**Activity**: List each line of the data in which the string "from" appears.

[[ Given records open ]]

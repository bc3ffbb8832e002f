// What the layers above use of columns beside the public call; these functions may ask something of their caller.
pub mod divisor;
pub mod limits;
pub mod pairs;
pub mod plains;
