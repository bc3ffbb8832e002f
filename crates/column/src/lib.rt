// Two columns of ranges combined pair by pair into a lent column: answered, or refused by number and place.
#![tactic(auto)]

pub mod columns;
pub mod inner;
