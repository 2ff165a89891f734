//! What holds of lists, whatever their elements are.

ghost use Rattle.plain_lists.specs.Laws.{OneMoreOfKey, BeginningOfKey, KeysInEitherOrder, OldestLeaves, OthersStay, PickedOfMore, AgreeingIsBeginning, BeginningsAgree, RoundsOneByOne};

/// The laws of entries that stand under keys.
pub fn laws_of_keys()
    // The entries of a key.
    ensures more { OneMoreOfKey }
    ensures beginning { BeginningOfKey }
    ensures either { KeysInEitherOrder }

    // The oldest entry of a key leaves.
    ensures leaves { OldestLeaves }
    ensures others { OthersStay }

    // The entries of selected keys.
    ensures picks { PickedOfMore }
{}

/// The laws of beginnings of lists, and of lists that grow from round to round.
pub fn laws_of_beginnings()
    ensures agreeing { AgreeingIsBeginning }
    ensures agree { BeginningsAgree }
    ensures rounds { RoundsOneByOne }
{}
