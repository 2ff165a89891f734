//! Words on plain lists, for every crate that speaks of beats, entries or rounds.
//!
//! There is no code here: the definitions are in `specs`, and each function has an empty body, whose
//! contract says laws that hold of the definitions.
#![tactic(auto)]

mod laws;

pub use laws::{laws_of_beginnings, laws_of_keys};
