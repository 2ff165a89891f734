//! The rules of a port, each with a trace that breaks it on each channel and near misses that don't: here those on
//! handshakes and addresses. The last round of a trace is the one that breaks the rule.

/// A trace, and the channel and the rule that its last round breaks, where it breaks one.
#[derive(Clone, Copy)]
pub(super) struct RuleRow {
    pub trace: &'static str,
    pub breaks: Option<(u8, u8)>,
}

/// Rules 1 and 2: what is offered and not taken stays, and stays the same.
pub(super) static HANDSHAKES: [RuleRow; 11] = [
    // AW goes
    RuleRow {
        trace: "1 0 axi 4 =0,10,0,2,1,0,0:0:0 - - - -
2 0 axi 4 - - - - -
",
        breaks: Some((1, 1)),
    },
    // W goes
    RuleRow {
        trace: "1 0 axi 4 - =00000000,f,1,0:0:0 - - -
2 0 axi 4 - - - - -
",
        breaks: Some((2, 1)),
    },
    // B goes
    RuleRow {
        trace: "1 0 axi 4 +2,0,0,2,1,0,0:0:0 +00000000,f,1,0:0:0 - - -
2 0 axi 4 - - =2,0,0:0:0 - -
3 0 axi 4 - - - - -
",
        breaks: Some((3, 1)),
    },
    // AR goes
    RuleRow {
        trace: "1 0 axi 4 - - - =0,10,0,2,1,0,0:0:0 -
2 0 axi 4 - - - - -
",
        breaks: Some((4, 1)),
    },
    // R goes
    RuleRow {
        trace: "1 0 axi 4 - - - +2,0,0,2,1,0,0:0:0 -
2 0 axi 4 - - - - =2,00000000,0,1,0:0:0
3 0 axi 4 - - - - -
",
        breaks: Some((5, 1)),
    },
    // AW changes
    RuleRow {
        trace: "1 0 axi 4 =0,10,0,2,1,0,0:0:0 - - - -
2 0 axi 4 +0,14,0,2,1,0,0:0:0 - - - -
",
        breaks: Some((1, 2)),
    },
    // AR changes
    RuleRow {
        trace: "1 0 axi 4 - - - =0,10,0,2,1,0,0:0:0 -
2 0 axi 4 - - - =0,14,0,2,1,0,0:0:0 -
",
        breaks: Some((4, 2)),
    },
    // W changes
    RuleRow {
        trace: "1 0 axi 4 - =00000000,f,1,0:0:0 - - -
2 0 axi 4 - +00000001,f,1,0:0:0 - - -
",
        breaks: Some((2, 2)),
    },
    // B changes
    RuleRow {
        trace: "1 0 axi 4 +2,0,0,2,1,0,0:0:0 +00000000,f,1,0:0:0 - - -
2 0 axi 4 - - =2,0,0:0:0 - -
3 0 axi 4 - - +2,2,0:0:0 - -
",
        breaks: Some((3, 2)),
    },
    // R changes
    RuleRow {
        trace: "1 0 axi 4 - - - +2,0,0,2,1,0,0:0:0 -
2 0 axi 4 - - - - =2,00000000,0,1,0:0:0
3 0 axi 4 - - - - +2,00000001,0,1,0:0:0
",
        breaks: Some((5, 2)),
    },
    // all wait and stay
    RuleRow {
        trace: "1 0 axi 4 +2,0,0,2,1,0,0:0:0 +00000000,f,1,0:0:0 - +1,0,0,2,1,0,0:0:0 -
2 0 axi 4 =0,10,0,2,1,0,0:0:0 =00000000,f,1,0:0:0 =2,0,0:0:0 =0,10,0,2,1,0,0:0:0 =1,00000000,0,1,0:0:0
3 0 axi 4 =0,10,0,2,1,0,0:0:0 =00000000,f,1,0:0:0 =2,0,0:0:0 =0,10,0,2,1,0,0:0:0 =1,00000000,0,1,0:0:0
4 0 axi 4 +0,10,0,2,1,0,0:0:0 +00000000,f,1,0:0:0 +2,0,0:0:0 +0,10,0,2,1,0,0:0:0 +1,00000000,0,1,0:0:0
5 0 axi 4 - - - - -
",
        breaks: None,
    },
];

/// Rules 3 to 8: what an address asks for.
pub(super) static ADDRESSES: [RuleRow; 29] = [
    // the reserved burst code on AW
    RuleRow {
        trace: "1 0 axi 4 =0,10,0,2,3,0,0:0:0 - - - -
",
        breaks: Some((1, 3)),
    },
    // the reserved burst code on AR
    RuleRow {
        trace: "1 0 axi 4 - - - =0,10,0,2,3,0,0:0:0 -
",
        breaks: Some((4, 3)),
    },
    // 8 bytes on a bus of 4 on AW
    RuleRow {
        trace: "1 0 axi 4 =0,10,0,3,1,0,0:0:0 - - - -
",
        breaks: Some((1, 4)),
    },
    // 8 bytes on a bus of 4 on AR
    RuleRow {
        trace: "1 0 axi 4 - - - =0,10,0,3,1,0,0:0:0 -
",
        breaks: Some((4, 4)),
    },
    // FIXED of 17 on AW
    RuleRow {
        trace: "1 0 axi 4 =0,10,16,2,0,0,0:0:0 - - - -
",
        breaks: Some((1, 5)),
    },
    // FIXED of 17 on AR
    RuleRow {
        trace: "1 0 axi 4 - - - =0,10,16,2,0,0,0:0:0 -
",
        breaks: Some((4, 5)),
    },
    // FIXED of 16 on AW
    RuleRow {
        trace: "1 0 axi 4 =0,10,15,2,0,0,0:0:0 - - - -
",
        breaks: None,
    },
    // FIXED of 16 on AR
    RuleRow {
        trace: "1 0 axi 4 - - - =0,10,15,2,0,0,0:0:0 -
",
        breaks: None,
    },
    // INCR of 255 on AW
    RuleRow {
        trace: "1 0 axi 4 =0,10,254,2,1,0,0:0:0 - - - -
",
        breaks: None,
    },
    // INCR of 255 on AR
    RuleRow {
        trace: "1 0 axi 4 - - - =0,10,254,2,1,0,0:0:0 -
",
        breaks: None,
    },
    // WRAP of 3 on AW
    RuleRow {
        trace: "1 0 axi 4 =0,10,2,2,2,0,0:0:0 - - - -
",
        breaks: Some((1, 5)),
    },
    // WRAP of 3 on AR
    RuleRow {
        trace: "1 0 axi 4 - - - =0,10,2,2,2,0,0:0:0 -
",
        breaks: Some((4, 5)),
    },
    // WRAP of 2 on AW
    RuleRow {
        trace: "1 0 axi 4 =0,10,1,2,2,0,0:0:0 - - - -
",
        breaks: None,
    },
    // WRAP of 2 on AR
    RuleRow {
        trace: "1 0 axi 4 - - - =0,10,1,2,2,0,0:0:0 -
",
        breaks: None,
    },
    // an exclusive access on AW
    RuleRow {
        trace: "1 0 axi 4 =0,10,0,2,1,1,0:0:0 - - - -
",
        breaks: Some((1, 8)),
    },
    // an exclusive access on AR
    RuleRow {
        trace: "1 0 axi 4 - - - =0,10,0,2,1,1,0:0:0 -
",
        breaks: Some((4, 8)),
    },
    // WRAP from 18 on AW
    RuleRow {
        trace: "1 0 axi 4 =0,12,1,2,2,0,0:0:0 - - - -
",
        breaks: Some((1, 6)),
    },
    // WRAP from 18 on AR
    RuleRow {
        trace: "1 0 axi 4 - - - =0,12,1,2,2,0,0:0:0 -
",
        breaks: Some((4, 6)),
    },
    // WRAP from 20 on AW
    RuleRow {
        trace: "1 0 axi 4 =0,14,1,2,2,0,0:0:0 - - - -
",
        breaks: None,
    },
    // WRAP from 20 on AR
    RuleRow {
        trace: "1 0 axi 4 - - - =0,14,1,2,2,0,0:0:0 -
",
        breaks: None,
    },
    // over the end of a page on AW
    RuleRow {
        trace: "1 0 axi 4 =0,ffc,1,2,1,0,0:0:0 - - - -
",
        breaks: Some((1, 7)),
    },
    // over the end of a page on AR
    RuleRow {
        trace: "1 0 axi 4 - - - =0,ffc,1,2,1,0,0:0:0 -
",
        breaks: Some((4, 7)),
    },
    // up to the end of a page on AW
    RuleRow {
        trace: "1 0 axi 4 =0,ff8,1,2,1,0,0:0:0 - - - -
",
        breaks: None,
    },
    // up to the end of a page on AR
    RuleRow {
        trace: "1 0 axi 4 - - - =0,ff8,1,2,1,0,0:0:0 -
",
        breaks: None,
    },
    // FIXED at the end of a page on AW
    RuleRow {
        trace: "1 0 axi 4 =0,ffc,1,2,0,0,0:0:0 - - - -
",
        breaks: None,
    },
    // FIXED at the end of a page on AR
    RuleRow {
        trace: "1 0 axi 4 - - - =0,ffc,1,2,0,0,0:0:0 -
",
        breaks: None,
    },
    // the least of two rules on AW
    RuleRow {
        trace: "1 0 axi 4 =0,10,16,2,0,1,0:0:0 - - - -
",
        breaks: Some((1, 5)),
    },
    // the least of two rules on AR
    RuleRow {
        trace: "1 0 axi 4 - - - =0,10,16,2,0,1,0:0:0 -
",
        breaks: Some((4, 5)),
    },
    // the least of two channels
    RuleRow {
        trace: "1 0 axi 4 =0,10,16,2,0,1,0:0:0 - - =0,10,0,2,3,0,0:0:0 -
",
        breaks: Some((1, 5)),
    },
];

[[ Given records closed ]]

**Result of the exercise**:
/// The laws of beginnings of lists, and of lists that grow from round to round.
    // WRAP from 18 on AW
    // WRAP from 18 on AR
    // WRAP from 20 on AW
    // WRAP from 20 on AR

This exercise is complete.